We repeat these steps and produce a sequence of alternating approximations. Thus the verification procedure for property \psi would look like
n := 1
while true do
if \psi_n is unsat then output UNSAT and break
if \psi_n\wedge b_n is sat then output SAT and break
n := n + 1
done
Observe that the procedure iteratively computes a succession of under- and over-approximations of the recursive calls in the provided constraint. Also, it finds a counterexample for the constraint whenever the constraint is satisfiable. Intuitively, this happens because a counterexample corresponds to an execution that violates the property, and the procedure enumerates all possible executions in increasing lengths. On the other hand, since our demo language becomes Turing complete after it is equipped with recursions, we cannot expect the procedure to always terminate when the provided constraint is unsatisfiable. For an important class of recursive functions, however, the approach outlined here acts as a decision procedure and terminates in all cases [8]. For instance, the \mathrm{size} function listed above falls into this class.(To be completed)
References
1. Liu, Chang, et al. "Automating distributed partial aggregation." SoCC, 2014.2. Srivastava, et al. "Path-based inductive synthesis for program inversion." PLDI, 2010.

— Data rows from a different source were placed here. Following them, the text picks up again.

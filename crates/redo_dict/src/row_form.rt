//! Which values fit a column, and which rows fit a table.
ghost use Rattle.std.specs.Prelude.{◌≡◌, ◌≤◌, length, slice_get};
ghost use Rattle.redo_spec.specs.ChangeForm.{fits, fits_at, is_of_kind, is_row_of};

use redo_vec::{Column, Kind};
use rl_value::Value;

// The value fits the column: it is Null where that may be, or of its type and no longer than its size.
fn value_fits(column: &Column, value: &Value) -> bool
    ensures { result ≡ fits column.now value.now }
{
    match value {
        Value::Null => column.nullable,
        Value::Number(_) => match column.kind {
            Kind::Number => true,
            Kind::Text(_) | Kind::Raw(_) => false,
        },
        Value::Text(text) => match column.kind {
            Kind::Text(size) => text.bytes().len() <= size as usize,
            Kind::Number | Kind::Raw(_) => false,
        },
        Value::Raw(raw) => match column.kind {
            Kind::Raw(size) => raw.bytes().len() <= size as usize,
            Kind::Number | Kind::Text(_) => false,
        },
    }
}

/// The value fits the column of this number, if there is one.
pub fn value_fits_at(columns: &[Column], column: u8, value: &Value) -> bool
    ensures { result ≡ fits_at (slice_get columns.now column) value.now }
{
    match columns.get(column as usize) {
        None => false,
        Some(found) => value_fits(found, value),
    }
}

/// There are as many values as columns, and each fits its column.
pub fn row_fits(columns: &[Column], values: &[Value]) -> bool
    ensures { result ≡ is_row_of columns.now values.now }
{
    let mut columns_left = columns;
    let mut values_left = values;
    while let [column, more_columns @ ..] = columns_left {
        let [value, more_values @ ..] = values_left else {
            return false;
        };
        if !value_fits(column, value) {
            return false;
        }
        columns_left = more_columns;
        values_left = more_values;
    }
    values_left.is_empty()
}
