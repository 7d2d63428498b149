//! Writes the log that a text says.
ghost use Rattle.std.specs.Prelude.{◌≡◌, ◌++◌, [], Ok, Err, IfOk, OnOk, codes};
ghost use Rattle.redo_vec.specs.Spelling.{be16, be32, be64};
ghost use Rattle.rl_value.specs.Outcome.{map_ok};
ghost use Rattle.redo_spec.specs.Log.{Log, IsSpelled, header_bytes, log_bytes};
ghost use Rattle.redo_text.specs.Given.{Tells};
ghost use Rattle.redo_text.specs.Draft.{add_bytes, beginning, line_taken, finished};
ghost use Rattle.redo_text.specs.Text.{at_line, last_line, text_from, bytes_said, log_said};

use crate::draft::Draft;
use crate::fault::WriteFault;
use crate::laws::a_text_says_a_log;
use redo_lines::ReadFault;
use redo_spec::Header;
use std::alloc::{AllocError, Global};

const LF: u8 = b'\n';

fn line_taken(alloc: Global, draft: Draft, number: u64, line: &[u8]) -> Result<Draft, WriteFault>
    ensures { Tells (λ d. d) result (at_line number (line_taken add_bytes draft line.now)) }
{
    match draft.line_taken(alloc, line) {
        Ok(draft) => Ok(draft),
        Err(ReadFault::Line(fault)) => Err(WriteFault::Line {
            line: number,
            fault,
        }),
        Err(ReadFault::Memory) => Err(WriteFault::Memory),
    }
}

fn finished(alloc: Global, draft: Draft, number: u64) -> Result<(Header, Vec<u8>), WriteFault>
    ensures { Tells (λ x. (x.0, x.1.items)) result (at_line number (finished add_bytes draft)) }
{
    match draft.finished(alloc) {
        Ok(whole) => Ok(whole),
        Err(ReadFault::Line(fault)) => Err(WriteFault::Line {
            line: number,
            fault,
        }),
        Err(ReadFault::Memory) => Err(WriteFault::Memory),
    }
}

// The last line, and then the end.
fn last_line(
    alloc: Global,
    draft: Draft,
    number: u64,
    line: &[u8],
) -> Result<(Header, Vec<u8>), WriteFault>
    ensures { Tells (λ x. (x.0, x.1.items)) result (last_line add_bytes draft number line.now) }
{
    let draft = line_taken(alloc, draft, number, line)?;
    finished(alloc, draft, number)
}

// All lines, from the first one on.
fn text_read(alloc: Global, text: &[u8]) -> Result<(Header, Vec<u8>), WriteFault>
    ensures { Tells (λ x. (x.0, x.1.items)) result (text_from add_bytes (beginning []) 1 [] text.now) }
{
    let mut draft = Draft::new(alloc);
    let mut line = Vec::new(alloc);
    let mut number = 1u64;
    let mut rest = text;
    while let [byte, others @ ..] = rest {
        if *byte == LF {
            draft = line_taken(alloc, draft, number, line.as_slice())?;
            line.clear();
            number = number + 1;
        } else {
            line.push(*byte)?;
        }
        rest = others;
    }
    last_line(alloc, draft, number, line.as_slice())
}

fn put_u32(out: &mut Vec<u8>, number: u32) -> Result<(), AllocError>
    ensures { OnOk result (out.new.items ≡ out.old.items ++ be32 number) }
{
    out.extend_from_slice(&number.to_be_bytes())
}

fn put_u64(out: &mut Vec<u8>, number: u64) -> Result<(), AllocError>
    ensures { OnOk result (out.new.items ≡ out.old.items ++ be64 number) }
{
    out.extend_from_slice(&number.to_be_bytes())
}

// Magic, version, thread and dbid.
fn put_front(out: &mut Vec<u8>, head: Header) -> Result<(), AllocError>
    ensures { OnOk result (out.new.items ≡ out.old.items ++ (codes "SRL1" ++ be16 1 ++ be16 1 ++ be32 head.dbid)) }
{
    out.extend_from_slice(b"SRL1\x00\x01\x00\x01")?;
    put_u32(out, head.dbid)
}

fn put_range(out: &mut Vec<u8>, head: Header) -> Result<(), AllocError>
    ensures { OnOk result (out.new.items ≡ out.old.items ++ (be64 head.first ++ be64 head.next)) }
{
    put_u64(out, head.first)?;
    put_u64(out, head.next)
}

// The number of records, and the reserved field.
fn put_count(out: &mut Vec<u8>, head: Header) -> Result<(), AllocError>
    ensures { OnOk result (out.new.items ≡ out.old.items ++ (be32 head.count ++ be32 0)) }
{
    put_u32(out, head.count)?;
    put_u32(out, 0)
}

fn header_spelled(alloc: Global, head: Header) -> Result<Vec<u8>, AllocError>
    ensures { IfOk result (λ bytes. bytes.items ≡ header_bytes head) }
{
    let mut out = Vec::new(alloc);
    put_front(&mut out, head)?;
    put_u32(&mut out, head.seq)?;
    put_range(&mut out, head)?;
    put_count(&mut out, head)?;
    Ok(out)
}

fn spelled(alloc: Global, head: Header, records: Vec<u8>) -> Result<Vec<u8>, AllocError>
    ensures { IfOk result (λ bytes. bytes.items ≡ header_bytes head ++ records.items) }
{
    let mut out = header_spelled(alloc, head)?;
    out.extend_from_slice(records.as_slice())?;
    Ok(out)
}

#[tactic(auto, unfolding(crate::specs::Text::bytes_said))]
fn bytes_of(alloc: Global, text: &[u8]) -> Result<Vec<u8>, WriteFault>
    ensures { Tells (λ bytes. bytes.items) result (bytes_said text.now) }
{
    let (head, records) = text_read(alloc, text)?;
    Ok(spelled(alloc, head, records)?)
}

/// The spelling of the log that a text says, or its first bad line.
pub fn write_log(alloc: Global, text: &[u8]) -> Result<Vec<u8>, WriteFault>
    ensures exact { Tells (λ bytes. bytes.items) result (map_ok log_bytes (log_said text.now)) }
    // The log has a spelling, and it is this.
    ensures spelled { IfOk result (λ bytes. (log : Log) × (log_said text.now ≡ Ok log) × IsSpelled log bytes.items) }
{
    a_text_says_a_log();
    bytes_of(alloc, text)
}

3. De Moura, Leonardo, et al. "Satisfiability modulo theories: introduction and applications." Comm. of ACM, 2011.
4. P. Suter, A. S. Koksal, et al. "Satisfiability modulo recursive programs." SAS, 2011.
5. Blanc, Regis, et al. "An overview of the Leon verification system." SCALA, 2013.
6. Bjørner, et al. "Program Verification as Satisfiability Modulo Theories." SMT@ IJCAR, 2012.
7. Bjørner, et al. "Higher-order Program Verification as Satisfiability Modulo Theories with Algebraic Data-types." Higher-Order Program Analysis, 2013.
8. Suter, P., et al. "Decision procedures for algebraic data types with abstractions." POPL, 2010.